Answer:
[HI] = 3.55 M
[H₂] = [I₂] = 0.425 M
Explanation:
The strategy here is to calculate Kc given the concentrations at equilibrium.Then we will setup an equilibrium expression in terms of the new concentrations and the amount that will be consumed of HI to reach equilibrium again.
2 HI (g) ⇆ H₂(g) + I₂(g)
Kc = [H₂][I₂]/[HI]² = 0.325 x 0.325 / 2.75² = 0.014
To account for the new equilibrium after adding 1.oo mol HI lets use the following table to make it easy for us.
mol HI H₂ I₂
Initially 3.75 0.325 0.325
Change -2x + x + x
Equilibrium 3.75 - 2x 0.325 + x 0.325 + x
These quantities at equilibrium has to obey the expression for Kc previously calculated. (Note we do not have to concern ourselves with calculating concentrations or switching to moles since the volume is 1 and M= mol/L)

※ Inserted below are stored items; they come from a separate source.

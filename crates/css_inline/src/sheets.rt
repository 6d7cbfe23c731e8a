//! The statements of sheets, and their rules: which may be written into attributes, and which stay.

use crate::families::{ALL, Numbers, families, family_number};
use crate::known::{between, is_known};
use crate::traits::{Traits, any_element, is_one_of, traits_of, widened};
use css_selectors::{NO_NAMES, Selector, Why};
use css_syntax::printing::ends_lone;
use css_syntax::quality::is_good;
use css_syntax::{
    AtRule, Declaration, Declarations, Fault, Item, Prelude, RuleSet, Statement, Statements, Token,
    TokenKind, Tokenizer,
};
use std::alloc::{AllocError, Global};

/// At-rules that have no style rules.
const HARMLESS: &[&str] = &[
    "charset",
    "import",
    "namespace",
    "font-face",
    "page",
    "keyframes",
    "-webkit-keyframes",
    "-moz-keyframes",
    "-o-keyframes",
    "viewport",
    "-ms-viewport",
    "-o-viewport",
    "property",
    "counter-style",
    "font-feature-values",
    "font-palette-values",
    "color-profile",
    "view-transition",
    "position-try",
];

/// Group rules, whose blocks have style rules.
const GROUPS: &[&str] = &[
    "media",
    "supports",
    "layer",
    "container",
    "document",
    "-moz-document",
];

/// How many group rules the rules in them are in at most.
const DEEPEST: usize = 16;

/// A declaration of a rule.
#[derive(Clone, Copy)]
pub(crate) struct Stated<'a> {
    /// The declaration.
    pub(crate) declaration: Declaration<'a>,
    /// The number of its property.
    pub(crate) property: usize,
    /// The number of the family of its property.
    pub(crate) family: usize,
    /// Whether its value may go back to what other declarations say.
    pub(crate) goes_back: bool,
    /// Whether every browser knows its value.
    pub(crate) is_known: bool,
}

/// A statement of a sheet.
#[derive(Clone, Copy)]
pub(crate) struct SheetStatement<'a> {
    /// Its text.
    pub(crate) text: &'a str,
    /// The number of its sheet.
    pub(crate) sheet: usize,
    /// Whether it stays on every page.
    pub(crate) stays: bool,
    /// Whether it stays on pages where it matches nothing, since mail clients add what it matches.
    pub(crate) is_of_client: bool,
}

/// A rule: one selector with the declarations of its block.
#[derive(Clone, Copy)]
pub(crate) struct Rule {
    /// The number of its statement.
    pub(crate) statement: usize,
    /// Where its declarations begin.
    pub(crate) from: usize,
    /// Where they end.
    pub(crate) to: usize,
    /// Whether its declarations are written into attributes.
    pub(crate) is_written: bool,
    /// Whether it may say anything of the elements that it matches.
    pub(crate) says_anything: bool,
    /// Whether its selector asks the attribute `style`.
    pub(crate) asks_style: bool,
    /// Whether it may be in a layer.
    pub(crate) is_layered: bool,
}

/// A rule with its selector, which matches all that the rule does in some state of the page.
#[derive(Drop)]
struct FoundRule<'a> {
    selector: Selector<'a>,
    /// The counts of the specificity.
    counts: [usize; 3],
    rule: Rule,
}

/// The declarations of a block.
#[derive(Clone, Copy)]
struct Block {
    from: usize,
    to: usize,
    /// Whether each of its declarations may be written somewhere else.
    is_plain: bool,
    /// Whether it has rules.
    has_rules: bool,
}

/// Where a rule set is.
#[derive(Clone, Copy)]
struct Place {
    /// The number of its statement.
    statement: usize,
    /// Whether it may be written into attributes.
    may_go: bool,
    /// Whether it may be in a layer.
    is_layered: bool,
}

/// The block of a group rule that is to be read.
#[derive(Clone, Copy)]
struct Group<'a> {
    text: &'a str,
    /// How many group rules it is in, with its own.
    depth: usize,
    /// Whether one of them is a layer.
    is_layered: bool,
}

/// What selectors of a rule set are written, and what stays of them.
#[derive(Clone, Copy)]
struct Outcome {
    stays: bool,
    is_of_client: bool,
}

/// The statements of sheets, and their rules.
#[derive(Drop)]
pub(crate) struct Sheets<'a> {
    pub(crate) statements: Vec<SheetStatement<'a>>,
    /// The declarations of all rules.
    pub(crate) stated: Vec<Stated<'a>>,
    found: Vec<FoundRule<'a>>,
    families: Numbers,
    properties: Numbers,
}

/// The rules of sheets in the order of the cascade, apart from their selectors.
#[derive(Drop)]
pub(crate) struct Rules<'a> {
    pub(crate) selectors: Vec<Selector<'a>>,
    pub(crate) rules: Vec<Rule>,
    pub(crate) statements: Vec<SheetStatement<'a>>,
    pub(crate) stated: Vec<Stated<'a>>,
    /// How many families there are.
    pub(crate) families: usize,
    /// How many properties there are.
    pub(crate) properties: usize,
}

/// Whether a token may be the word `revert` or `revert-layer`.
fn may_go_back(token: &Token<'_>) -> bool {
    let word = between(token.from, token.rest);
    let is_back = word.eq_ignore_ascii_case(b"revert")
        || word.eq_ignore_ascii_case(b"revert-layer");
    token.kind == TokenKind::Ident && (is_back || word.contains(&b'\\'))
}

/// Whether a value, or a whole attribute, may go back to what other declarations say.
pub(crate) fn goes_back(text: &str) -> bool {
    for token in Tokenizer::new(text.as_bytes()) {
        if may_go_back(&token) {
            return true;
        }
    }
    false
}

/// Whether a declaration may be written somewhere else.
fn is_plain(declaration: &Declaration<'_>) -> bool {
    declaration.closed && !ends_lone(declaration.value.as_bytes())
}

/// Whether a sheet declares namespaces for its selectors.
fn has_namespaces(text: &str) -> bool {
    for part in Statements::new(text) {
        if let Statement::AtRule(rule) = part.statement {
            if rule.name.eq_ignore_ascii_case("namespace")
                || rule.name.as_bytes().contains(&b'\\')
            {
                return true;
            }
        }
    }
    false
}

/// Whether every browser knows a selector.
fn is_known_selector(selector: &Selector<'_>) -> bool {
    let is_read = selector.pseudo_element().is_some() || selector.is_supported();
    is_read && traits_of(selector).is_known
}

/// Whether every browser knows the selectors of a rule.
fn are_known(selectors: &[Selector<'_>]) -> bool {
    for selector in selectors {
        if !is_known_selector(selector) {
            return false;
        }
    }
    true
}

/// Returns the selectors of a rule, if all are selectors.
fn selectors_of<'a>(
    alloc: Global,
    prelude: &Prelude<'a>,
) -> Result<Option<Vec<Selector<'a>>>, AllocError> {
    if !is_good(prelude.quality) {
        return Ok(None);
    }
    match Selector::read_list_in(alloc, prelude.text, &NO_NAMES) {
        Ok(all) => {
            let mut selectors = Vec::with_capacity(alloc, all.len())?;
            for listed in all {
                selectors.push(listed.selector)?;
            }
            Ok(Some(selectors))
        }
        Err(refusal) if refusal.why == Why::Memory => Err(AllocError),
        Err(_) => Ok(None),
    }
}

We obtain the following equation:
(0.325 + x)² / (3.75 - 2x)² = 0.014
Taking square roots to both sides of this equation
( 0.325 + x )² / (3.75 - 2x) = 0.118
Solving for x we get the value of x = 0.10
Therefore the new equilibrium concentrations will be
[HI] = (3.75 - 0.20) M = 3.55 M
[H₂] = [I₂] = (0.325 + 0.10) M = 0.425 M
This answer can be checked by placing these values into the Kc. When we do it we get 0.014, so the answer is correct.